这是我参与11月更文挑战的第1天,活动详情查看:2021最后一次更文挑战
0、前言
每天花几分钟练练ts...
1、获取函数返回类型
使用条件类型推断,利用infer声明返回的类型,T和Type是传入的函数,
type MyReturnType<T> = T extends (...args: any[]) => infer G ? G : never
// 源码
type GetReturnType<Type> = Type extends (...args: never[]) => infer Return
? Return
: never;
2、实现 Omit
Omit 会创建一个省略 K 中字段的 T 对象。
type MyOmit<T, K extends keyof T> = {
[P in Exclude<keyof T, K>]: T[P]
}
// 源码
type Omit<T, K extends keyof any> = Pick<T, Exclude<keyof T, K>>;
3、Readonly 2
type MyReadonly2<T, K extends (keyof T) = keyof T> = Omit<T, K> & {readonly [id in K]: T[id] }
type MyReadonly2<T, K extends keyof T = keyof T> = Readonly<Pick<T, K>> & Omit<T, K>
type MyReadonly2<T, K = keyof T> = {
readonly [P in keyof T as P extends K ? P : never]: T[P]
} & {
[P in keyof T as P extends K ? never: P]: T[P]
}
type MyReadonly2<T, K> = { [Q in Exclude<keyof T, K>]: T[Q] } & {
readonly [P in Extract<keyof T, K>]: T[P];
};
4、深度 Readonly
它将对象的每个参数及其子对象递归地设为只读
type DeepReadonly<T extends Record<string, any>> = T extends Function
? T
: T extends object ? { readonly [K in keyof T]: DeepReadonly<T[K]> } : T;
----
type DeepReadonly<T extends Object> = {
readonly [P in keyof T]: keyof T[P] extends never ? T[P] : DeepReadonly<T[P]>
}
----
type DeepReadonly<T> = {
readonly [P in keyof T]: keyof T[P] extends never ? T[P] : DeepReadonly<T[P]>
}
----
type IsArray = T extends Array ? true : false;
type IsFunction = T extends Function ? true : false;
type IsObject = T extends { [key: string]: any } ? IsFunction extends true ? false : true : false;
type NeedRecursive = IsArray extends true ? true : IsObject extends true ? true : false;
type DeepReadonly = {
readonly [key in keyof T]: NeedRecursive<T[key]> extends true ? DeepReadonly<T[key]>: T[key]
}
5、元组转合集
type TupleToUnion<T extends unknown[]> = T[number]
----
type TupleToUnion<T extends any[]> = T[number]

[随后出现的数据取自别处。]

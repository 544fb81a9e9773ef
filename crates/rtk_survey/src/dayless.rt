//! MSM of GLONASS that tell no day, which a conversion without 1012 can't read.

ghost use Rattle.std.specs.Prelude.{◌≡◌, ◌∷◌, List, OnOk};
ghost use Rattle.rtk_message.specs.declared.any_message.AnyMessage.{AnyMessage};
ghost use Rattle.rtk_survey.specs.Contents.{CountsDayless};
ghost use Rattle.rtk_survey.specs.Dayless as spec;

use crate::clock_chains::tells_day;
use crate::unread::count_number;
use rtk_message::AnyMessage;
use std::alloc::AllocError;
use std::collections::BTreeMap;

fn is_dayless(message: &AnyMessage) -> bool
    ensures { result ≡ spec.is_dayless message.now }
{
    match message {
        AnyMessage::Message(_) | AnyMessage::Obs1012(_) => false,
        AnyMessage::Msm(message) => !tells_day(message.system, message.header.tow),
    }
}

/// Counts a message by its number, if it is such an MSM.
pub(crate) fn count_dayless(
    counts: &mut BTreeMap<u16, u64>,
    message: &AnyMessage,
) -> Result<(), AllocError>
    ensures { OnOk result ((ms : List AnyMessage) → CountsDayless counts.old ms → CountsDayless counts.new (message.now ∷ ms)) }
{
    if is_dayless(message) {
        count_number(counts, message.number())
    } else {
        Ok(())
    }
}
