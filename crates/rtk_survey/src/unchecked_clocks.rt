//! The lines of clocks of a station, with the systems of which no clock is compared with that of another one.
//!
//! If memory is refused, a first part of what is put may stand there.

ghost use Rattle.std.specs.Prelude.{◌≡◌, ◌++◌, get_or, OnOk};
ghost use Rattle.rtk_survey.specs.Chains.{no_clocks};
ghost use Rattle.rtk_survey.specs.UncheckedClocks as spec;

use crate::clock_chains::{ClockOffsets, ClockSurvey};
use crate::clock_lines::{compared_clocks, put_offsets};
use crate::date_message::UtcDate;
use crate::systems_sent::SystemsSent;
use rtk_message::System;
use rtk_obs::letter_of;
use std::alloc::AllocError;

fn lacks_date(date: Option<UtcDate>, system: System) -> bool
    ensures { result ≡ spec.lacks_date date system }
{
    match (date, system) {
        (None, System::Glonass) => true,
        _ => false,
    }
}

// Is no clock of a system that is sent compared?
fn is_unchecked(
    date: Option<UtcDate>,
    sent: &SystemsSent,
    offsets: &ClockOffsets,
    system: System,
) -> bool
    ensures { result ≡ spec.is_unchecked date sent.now offsets.now system }
{
    sent.has(system)
        && sent.time(system)
        && (lacks_date(date, system) || compared_clocks(offsets.of(system)) == 0)
}

fn put_unchecked_line(
    lines: &mut Vec<u8>,
    date: Option<UtcDate>,
    sent: &SystemsSent,
    offsets: &ClockOffsets,
    system: System,
) -> Result<(), AllocError>
    ensures { OnOk result (lines.new.items ≡ lines.old.items ++ spec.unchecked_line date sent.now offsets.now system) }
{
    if !is_unchecked(date, sent, offsets, system) {
        return Ok(());
    }
    lines.extend_from_slice(b" unchecked ")?;
    lines.push(letter_of(system))?;
    lines.push(b'\n')?;
    Ok(())
}

// Appends a line for each such system.
fn put_unchecked(
    lines: &mut Vec<u8>,
    date: Option<UtcDate>,
    sent: &SystemsSent,
    offsets: &ClockOffsets,
) -> Result<(), AllocError>
    ensures { OnOk result (lines.new.items ≡ lines.old.items ++ spec.unchecked_lines date sent.now offsets.now) }
{
    put_unchecked_line(lines, date, sent, offsets, System::Glonass)?;
    put_unchecked_line(lines, date, sent, offsets, System::Galileo)?;
    put_unchecked_line(lines, date, sent, offsets, System::Beidou)?;
    put_unchecked_line(lines, date, sent, offsets, System::Qzss)?;
    put_unchecked_line(lines, date, sent, offsets, System::Sbas)?;
    put_unchecked_line(lines, date, sent, offsets, System::Navic)?;
    Ok(())
}

// Appends the lines of clocks and of systems of which none is compared.
fn put_all(
    lines: &mut Vec<u8>,
    date: Option<UtcDate>,
    sent: &SystemsSent,
    offsets: &ClockOffsets,
) -> Result<(), AllocError>
    ensures { OnOk result (lines.new.items ≡ lines.old.items ++ spec.all_clock_lines date sent.now offsets.now) }
{
    put_offsets(lines, date, offsets)?;
    put_unchecked(lines, date, sent, offsets)?;
    Ok(())
}

/// Appends the lines of clocks of a station, of which there is an entry or none.
pub(crate) fn put_clocks(
    lines: &mut Vec<u8>,
    date: Option<UtcDate>,
    sent: &SystemsSent,
    station: &[ClockSurvey],
) -> Result<(), AllocError>
    ensures { OnOk result (lines.new.items ≡ lines.old.items ++ spec.all_clock_lines date sent.now (get_or station.now 0 no_clocks).offsets) }
{
    match station.first() {
        Some(clocks) => put_all(lines, date, sent, &clocks.offsets),
        None => put_all(lines, date, sent, &ClockOffsets::new()),
    }
}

type arr = [123, '456', true]
type a = arr[number] // arr[number] 返回得到一个 union 类型 true | 123 | "456"
测试:
type Arr = ["1", "2", "3"];
type TupleToUnion<T extends unknown[]> = T[number]
type e = TupleToUnion<Arr>;
// 相当于
type e = "1" | "2" | "3"
type Chainable<T = {}> = {
option<K extends string, V = any>(key: K extends keyof T ? never : K, value: V): Chainable<T & { [O in K]: V }>
get(): T
}
6、可串联构造器
declare const config: Chainable
const result = config
.option('foo', 123)
.option('name', 'type-challenges')
.option('bar', { value: 'Hello World' })
.get()
// 期望 result 的类型是:
interface Result {
foo: number
name: string
bar: {
value: string
}
}
type Merge<T, U> = {
[P in Exclude<keyof T, keyof U>]: T[P]
} & {
[G in keyof U]: U[G]
}
type Chainable<T = {}> = {
option<K extends string, V>(key: K, value: V): Chainable<Merge<T, {[P in K]: V}>>
get(): T
}
7、Last of Array
实现一个通用Last<T>,它接受一个数组T并返回其最后一个元素的类型。
例如
type arr1 = ['a', 'b', 'c']
type arr2 = [3, 2, 1]
type tail1 = Last<arr1> // expected to be 'c'
type tail2 = Last<arr2> // expected to be 1
实现
type arr1 = ["a", "b", "c"];
// infer 关键字声明了一个新的类型变量B
type Last<T extends any[]> = T extends [...infer A, infer B] ? B : never;
// 或者
type Last<T extends any[]> = T extends [...any, infer L] ? L : never;
// 或者
type Last<T extends any[]> = [any, ...T][T["length"]];
type Res = Last<arr1>;
// 相当于 type Res = "c";
8、出堆
实现一个通用Pop,接受一个数组T并返回一个没有最后一个元素的数组。
type arr1 = ["a", "b", "c"];
type Pop<T extends any[]> = T extends [...infer U, any] ? U : never
type Res = Pop<arr1>;
// 相当于
type Res = ["a", "b"]